Goodbye Google Reader
4 min read • 611 words
Google announced on Wednesday that as part of its annual spring cleaning initiative it will be shutting down Google Reader. This saddens me, because now I have no idea how I will get my daily dose of news. My go-to Google Reader client on the Mac, iPhone, and iPad is Reeder. I love Reeder for its simple, intuitive and functional interface. Fortunately, following the announcement, the devs of Reeder tweeted the following. So it looks like I don't have to worry.
Don't worry, Reeder won't die with Google Reader.
— Reeder (@reederapp) March 14, 2013
The real purpose of this post, however, is to inform people what Google Reader is was, because a surprising number of people I have talked to have told me they had no idea.
Google Reader is an RSS client, so in order to understand what Google Reader is, you must first understand what RSS is. RSS stands for "Rich Site Summary", or "Really Simple Syndication". Most news sites or blogs publish what is called an RSS feed. This feed is a file that can be accessed over the internet that represents a list of all of the content that has been published to the site. For example, Twitter publishes RSS feeds for each of its user's tweets. An RSS reader could subscribe to this feed, and use it to display a user's recent tweets to a subscriber of the feed.
Google Reader had the added bonus of living 'in the cloud', which means it could act as a central hub for my client, "Reeder". This enabled my read and starred status of articles to keep in sync across all three of my devices, so reading an article on my iPhone would mark it read on my Mac and my iPad when those clients synced with Google Reader.
On the technical side of things, this RSS feed is represented as an XML document, you can view the feed for The Verge by visiting the following URL: https://www.theverge.com/rss/frontpage. You should view the RSS feed so that the next paragraph makes sense to you.

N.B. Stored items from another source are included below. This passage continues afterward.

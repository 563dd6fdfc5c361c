//! The picture in columns, which sums a long history up.
//!
//! Each column stands for the same number of entries. A row for the queue and one for refusals come first,
//! then one for the free permits or the count if the object has these, and a row for each seat that did
//! something. Below them the longest waits are told, with the window that draws each. Every number that is
//! drawn stands in a tooltip too.

ghost use Rattle.history.specs.Header.{IsInRange};

mod amounts;
mod blocks;
mod cells;
mod gauges;
mod looks;
mod queue;
mod refusals;
mod shares;
mod spans;
mod tables;
mod waits;

use crate::columns::amounts::put_amounts;
use crate::columns::cells::put_all_cells;
use crate::columns::gauges::put_gauges;
use crate::columns::looks::{LEGEND, STYLE};
use crate::columns::spans::Spans;
use crate::columns::waits::{longest_of, put_waits};
use crate::grid::{Grid, amounts_of, left_of, put_rows, put_tick};
use crate::head::{put_opening, put_rest};
use crate::naming::Names;
use crate::picture::Picture;
use crate::pieces::put;
use crate::rows::ranks_of;
use crate::sheet::Sheet;
use history::entry::Entry;
use std::alloc::{AllocError, Global};

/// Returns the SVG document of a summary of a legal history. `picture` has the bars, marks and amounts of all
/// entries, and `entries` are those after the base.
///
/// A seat has a row if it has a bar, or made one of the entries. Seats and conditions are told by their
/// numbers, with the names that they were given.
pub fn overview_text(
    alloc: Global,
    names: &Names,
    picture: &Picture,
    entries: &[Entry],
) -> Result<Vec<u8>, AllocError>
    requires { IsInRange picture.now.header }
{
    let ranks = ranks_of(alloc, picture, entries)?;
    let sheet = Sheet {
        names,
        picture,
        entries,
        ranks: &ranks,
    };
    let spans = Spans::of(picture.to);
    let grid = grid_of(sheet, spans);
    let waits = longest_of(alloc, &picture.drawn.bars)?;
    let mut out = Vec::new(alloc);
    let height = height_of(grid, waits.len() as u64);
    put_opening(&mut out, picture.header, grid.width(1048), height, STYLE)?;
    put_summed(&mut out, sheet, spans)?;
    put_rest(&mut out, sheet, LEGEND)?;
    put_rows(&mut out, sheet, grid, 24)?;
    put_scale(&mut out, sheet, grid, spans)?;
    put_gauges(alloc, &mut out, sheet, grid, spans)?;
    put_amounts(&mut out, sheet, grid, spans)?;
    put_all_cells(alloc, &mut out, sheet, grid, spans)?;
    put_waits(&mut out, sheet, grid, &waits)?;
    out.extend_from_slice(b"</svg>\n")?;
    Ok(out)
}

/// Returns the grid, with a place for each column. The seats' rows begin below those of the queue and of
/// refusals, and of free permits or a count.
fn grid_of(sheet: Sheet<'_>, spans: Spans) -> Grid {
    let has_amounts = amounts_of(sheet.picture.header.object).is_some();
    Grid {
        from: 0,
        places: spans.count,
        left: left_of(sheet.names),
        step: 4,
        top: if has_amounts { 192 } else { 152 },
        rows: sheet.rows(),
    }
}

/// Returns the height with this many lines of waits.
fn height_of(grid: Grid, waits: u64) -> u64 {
    let below = if waits == 0 {
        24
    } else {
        waits.saturating_mul(16).saturating_add(48)
    };
    grid.bottom().saturating_add(below)
}

/// Appends which entries are summed up, and how many a column has.
fn put_summed(out: &mut Vec<u8>, sheet: Sheet<'_>, spans: Spans) -> Result<(), AllocError> {
    let all = sheet.picture.entries;
    if spans.entries == 0 {
        return put(out, b"no entry is shown of ", all);
    }
    put(out, b"entries ", sheet.picture.folded)?;
    put(
        out,
        b" to ",
        sheet.number_of(spans.entries.saturating_sub(1)),
    )?;
    put(out, b" of ", all)?;
    put(out, b" in columns of ", spans.span)?;
    out.extend_from_slice(b"; --from and --to draw a part")
}

/// Appends the scale: a line before every twentieth column, with the number of the column's first entry.
fn put_scale(
    out: &mut Vec<u8>,
    sheet: Sheet<'_>,
    grid: Grid,
    spans: Spans,
) -> Result<(), AllocError> {
    for column in 0..spans.count {
        if column % 20 == 0 {
            put_tick(out, grid, 72, column, sheet.number_of(spans.first(column)))?;
        }
    }
    Ok(())
}
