//! The queue of jobs.
ghost use Rattle.std.specs.Prelude.{◌≡◌, ◌+◌, ◌<◌, ◌^◌, ◌==◌, true, false, IfErr, IfOk};
ghost use Rattle.std.specs.VecDeque.{deque_len};

use locks::Fault;
use std::alloc::Global;
use std::collections::VecDeque;

/// The most jobs that wait.
const PLACES: usize = 4;

/// The jobs that wait, in the order in which they were put, and how many were ever put and taken. The ghost field
/// says that none was lost. It holds whenever a thread gets the queue, so whoever changes the queue has to keep it.
#[derive(Drop)]
pub struct Jobs {
    waiting: VecDeque<u64>,
    put: u64,
    taken: u64,
    is_closed: bool,
    ghost none_lost: { put ≡ taken + deque_len waiting },
}

impl Jobs {
    pub fn new(alloc: Global) -> Jobs
        ensures { result.put ≡ 0 }
    {
        Jobs {
            waiting: VecDeque::new(alloc),
            put: 0,
            taken: 0,
            is_closed: false,
        }
    }

    /// How many jobs wait.
    pub fn waiting(&self) -> u64
        ensures { self.now.put ≡ self.now.taken + result }
    {
        self.put - self.taken
    }

    pub fn is_empty(&self) -> bool
        ensures { result ≡ (self.now.put == self.now.taken) }
    {
        self.put == self.taken
    }

    /// Whether there is no place for a job.
    pub fn is_full(&self) -> bool
        ensures { result ≡ false → self.now.put + 1 < 2 ^ 64 }
    {
        self.waiting.len() >= PLACES || self.put == u64::MAX
    }

    pub fn is_closed(&self) -> bool
        ensures { result ≡ self.now.is_closed }
    {
        self.is_closed
    }

    /// Closes the queue. What waits in it can be taken.
    pub fn close(&mut self)
        ensures closed { self.new.is_closed ≡ true }
        ensures waiting { self.new.waiting ≡ self.old.waiting }
    {
        self.is_closed = true;
    }

    /// Appends a job. After `OutOfMemory` the queue is as it was.
    pub fn put(&mut self, job: u64) -> Result<(), Fault>
        requires place { self.old.put + 1 < 2 ^ 64 }
        ensures put { IfOk result (λ _. self.new.put ≡ self.old.put + 1) }
        ensures taken { self.new.taken ≡ self.old.taken }
        ensures not_put { IfErr result (λ _. self.new.put ≡ self.old.put) }
    {
        match self.waiting.push_back(job) {
            Ok(()) => {
                self.put += 1;
                Ok(())
            }
            Err(_) => Err(Fault::OutOfMemory),
        }
    }

    /// Takes the first job out.
    pub fn take(&mut self) -> u64
        requires some { (self.old.put == self.old.taken) ≡ false }
        ensures taken { self.new.taken ≡ self.old.taken + 1 }
        ensures put { self.new.put ≡ self.old.put }
    {
        let Some(job) = self.waiting.pop_front() else {
            unreachable!()
        };
        self.taken += 1;
        job
    }
}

An RSS reader maintains a list of all of the feeds that a user has subscribed to, and displays to them a list of posts for each feed. As you saw, the XML document is not pretty. To a human, it is almost unreadable, but it is in the exact format a computer needs in order to be able to understand it as a list of articles. You might have noticed a bunch of similar looking blocks in the RSS feed, such as this one:
<entry>
<published>2013-03-141T17:59:20-05:00</published>
<updated>2013-03-15T17:59:20-07:04</updated>
<title> ... </title>
<content type="html"> ... </content>
<link rel="alternate" type="text/html" href="..."/>
<id>...</id>
<author>
<name> ... </name>
</author>
</entry>
Notice how this item is surrounded by an opening <entry>
and a closing </entry>
tag. Each article is represented as an entry, and within each item there is information such as the title, a link, and the date the article was published. This opening and closing tag convention comes in handy for the computer to make sense of the XML document. The opening and closing tags help the reader separate the document into a list of items, and learn important information about each item. The RSS reader does so through a process called parsing.
Once the RSS reader has parsed the document, it can use the parsed data to display articles in a way that is meaningful to you, the user.
The loss of Google Reader creates a big hole for many people that needs to be filled. I am eager to see who fills it in, hopefully breathing new life into RSS along the way.